Local LLMs versus offline Wikipedia
Combining Local LLMs and Offline Wikipedia
- Many see this as a clear “why not both”: use a small local LLM as an interface and Wikipedia (e.g., Kiwix/zim, SQLite+FTS, vector DBs) as the factual store.
- Several mention RAG examples over Wikipedia, local vector indices, and using tiny models (0.6–4B params) that run even on weak hardware or mobile.
- Proposed workflows: LLM interprets vague questions → returns topic list / file links → user reads the actual articles to avoid hallucinations.
Hardware, Cost, and Access
- Debate over “just buy a better laptop”: some argue professionals routinely invest thousands in tools; others counter that outside top US salaries, a good laptop can represent a large share of annual income.

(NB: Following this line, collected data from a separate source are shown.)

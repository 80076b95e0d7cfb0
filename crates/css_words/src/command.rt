ghost use Rattle.std.specs.Prelude.{◌≡◌, IfOk, map, string_bytes};
ghost use Rattle.std.specs.List.{list_any};
ghost use Rattle.css_num.specs.Gives.{GivesBy};
ghost use Rattle.css_words.specs.Commands as commands;
ghost use Rattle.css_words.specs.Written.{IsWritable};
ghost use Rattle.css_words.specs.declared.fault.WordsFault.TheVariants as faults;

use crate::companion::companion_words;
use crate::fault::WordsFault;
use crate::generator::generator_words;
use crate::pair::pair_words;
use crate::relay::relay_words;
use crate::tv::tv_words;
use crate::watch::watch_words;
use crate::words::{CompanionWords, GeneratorWords, PairWords, RelayWords, TvWords, WatchWords};
use std::alloc::Global;

/// A command of the program.
#[derive(Drop)]
pub enum Command {
    /// Replays a schedule.
    Replay,
    /// Tells what answers say together. With `pairs` it names two lines where they say nothing together.
    Agree { pairs: bool },
    /// Checks each report of a companion's record.
    Audit,
    /// Turns a schedule of version 1 into one of version 2.
    Migrate,
    /// Is a companion of the television at an address.
    Companion(CompanionWords),
    /// Is a television.
    Tv(TvWords),
    /// Starts a television, and is a companion of it.
    Pair(PairWords),
    /// Is a companion that serves the television's wall clock on.
    Relay(RelayWords),
    /// Is a companion that stays, and tells all that happens.
    Watch(WatchWords),
    /// Writes a schedule.
    Generate(GeneratorWords),
    /// Replays a generated schedule, and writes one line on its intervals.
    Survey(GeneratorWords),
}

/// Whether the word is `-` or `--` alone.
pub fn is_bare_dashes(word: &str) -> bool
    ensures { result ≡ commands.is_bare_dashes word.now }
{
    word == "-" || word == "--"
}

// Whether one of the words is.
fn has_bare_dashes(words: &[String]) -> bool
    ensures { result ≡ list_any (λ word. commands.is_bare_dashes (string_bytes word)) words.now }
{
    words.iter().any(|word| is_bare_dashes(word.as_str()))
}

// That a command without options has no words after its name.
fn no_options(rest: &[String]) -> Result<(), WordsFault>
    ensures { result ≡ commands.no_options (map string_bytes rest.now) }
{
    match rest {
        [] => Ok(()),
        _ => Err(WordsFault::Usage),
    }
}

// Whether the words after `agree` are its flag.
fn has_pairs(rest: &[String]) -> Result<bool, WordsFault>
    ensures { result ≡ commands.has_pairs (map string_bytes rest.now) }
{
    match rest {
        [] => Ok(false),
        [word] if word.as_str() == "--pairs" => Ok(true),
        _ => Err(WordsFault::Usage),
    }
}

// The command with this name. It has `rest` behind it, and both are `words`.
#[tactic(auto, unfolding(crate::specs::Commands::named))]
fn command_named(
    alloc: Global,
    name: &str,
    rest: &[String],
    words: &[String],
) -> Result<Command, WordsFault>
    ensures value { GivesBy commands.asked_of faults.Memory result
        (commands.named name.now (map string_bytes rest.now) (map string_bytes words.now)) }
    ensures writable { IfOk result IsWritable }
{
    match name {
        "replay" => {
            no_options(rest)?;
            Ok(Command::Replay)
        }
        "agree" => {
            let pairs = has_pairs(rest)?;
            Ok(Command::Agree { pairs })
        }
        "audit" => {
            no_options(rest)?;
            Ok(Command::Audit)
        }
        "migrate" => {
            no_options(rest)?;
            Ok(Command::Migrate)
        }
        "companion" => Ok(Command::Companion(companion_words(alloc, words)?)),
        "tv" => Ok(Command::Tv(tv_words(alloc, words)?)),
        "pair" => Ok(Command::Pair(pair_words(alloc, words)?)),
        "relay" => Ok(Command::Relay(relay_words(alloc, words)?)),
        "watch" => Ok(Command::Watch(watch_words(alloc, words)?)),
        "generate" => Ok(Command::Generate(generator_words(alloc, words)?)),
        "survey" => Ok(Command::Survey(generator_words(alloc, words)?)),
        _ => Err(WordsFault::Usage),
    }
}

/// The command that the words after the program's name are.
///
/// The first word is the command's name. Those after it are its options, each as `--name value` or `--name=value`; a
/// value that begins with `-` needs the second form. A number is in decimal, without zeros before its digits and
/// without `+`.
///
/// - `replay`, `audit` and `migrate` take no options.
/// - `agree` takes the flag `--pairs`.
/// - `companion` needs `--cii`, a `ws:` address. It takes `--selector`, `--stem`, `--reports`, a limit,
///   `--report-every`, `--ask-every`, `--local-error`, `--local-precision`, and both `--earliest` and `--latest`. With
///   the flag `--record` the selector is a word, and the stem is a word other than `-` or empty, where a word is one
///   byte or more, each from `!` to `~`.
/// - `tv` takes `--port`, a limit, `--precision`, `--error` and `--host`, and the flags `--follow` and `--relative`.
/// - `pair` takes what both take, without an address and a host.
/// - `relay` needs `--cii`. It takes `--port`, a limit, `--ask-every`, `--local-error`, `--local-precision` and
///   `--host`.
/// - `watch` needs `--cii`. It takes `--selector`, `--stem`, `--report-every`, `--ask-every`, `--local-error` and
///   `--local-precision` as `companion` does, and `--seconds`, 1 to 31,536,000; without it a watch lasts a day.
/// - A limit is `--turns`, 1 to 1,000,000, or `--seconds`, 1 to 31,536,000, and not both. With neither it is 10,000
///   turns.
/// - `generate` and `survey` need `--seed`, 0 to 2^63 - 1, and `--lines`, 9 to 200,000. They take `--companions`, 2 to
///   16; then there are at least 4 lines, and 6 for each companion.
///
/// `Usage` comes exactly where the words are those of no command: another name or none, an option that the command
/// hasn't, one that is given twice, has no value or a value out of its range, a required one that is missing, a word
/// that is no option, `-` or `--` alone, and `--help`.
#[tactic(auto, unfolding(crate::specs::Commands::command_in))]
pub fn command_of(alloc: Global, words: &[String]) -> Result<Command, WordsFault>
    ensures value { GivesBy commands.asked_of faults.Memory result (commands.command_in (map string_bytes words.now)) }
    ensures writable { IfOk result IsWritable }
{
    let Some((name, rest)) = words.split_first() else {
        return Err(WordsFault::Usage);
    };
    if has_bare_dashes(rest) {
        return Err(WordsFault::Usage);
    }
    command_named(alloc, name.as_str(), rest, words)
}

- There’s pushback on the idea that anyone posting on HN can trivially afford new hardware; affordability is framed as relative to local wages and equipment prices.
Offline / Doomsday Scenarios
- Original “reboot society with a USB stick” line sparks discussion of USBs preloaded with Wikipedia, manuals, and risk literature; some point to existing devices and products.
- Skeptics mock the idea that civilization collapses yet people still have laptops, solar panels, and time to browse USBs; others note serious preppers already plan for EMP-shielded gear and off-grid power.
- A government example: internal mirrors of Wikipedia/StackExchange on classified networks show large-scale “offline web” is already practiced.
- Several emphasize that in real survival situations, practiced skills matter more than giant archives.
LLMs vs Wikipedia: Comprehension, Reliability, Use
- Pro-LLM side: strength isn’t storage but “comprehension” of vague questions, adapting explanations, language-agnostic access, and synthesizing across domains.
- Critics: LLMs don’t truly “understand”, they guess; they can confidently give deadly or expensive advice (car repair, medical-like cases, infamous Hitler answer).
- Many argue Wikipedia (plus sources, talk pages, and cross-language comparison) remains more trustworthy for facts; LLMs work best as search-term translators, tutors, or frontends to real documents.
- There’s concern that people treat AI as an infallible oracle—likened to sci‑fi episodes where computers become de facto gods.
Compression, Data Scale, and Dumps
- One commenter estimates all digitized papers/books compress to ~5.5 TB—“three micro SD cards” worth—making massive offline libraries feasible.
- Specific Wikipedia dump sizes and Kiwix zim files are discussed; LLMs are noted as a kind of learned compression via next-token prediction.
Curation, Encyclopedias, and Benchmarks
- Some dream of a “Web minus spam/duplicates” super‑encyclopedia; others note curation effort is the hard part and liken it to reinventing Britannica or a library.
- Talk pages and revision history are highlighted as crucial context, especially for controversial topics.
- A few lament that LLM usefulness is mostly judged by anecdotes; they’d like more rigorous LLM‑vs‑traditional search benchmarks.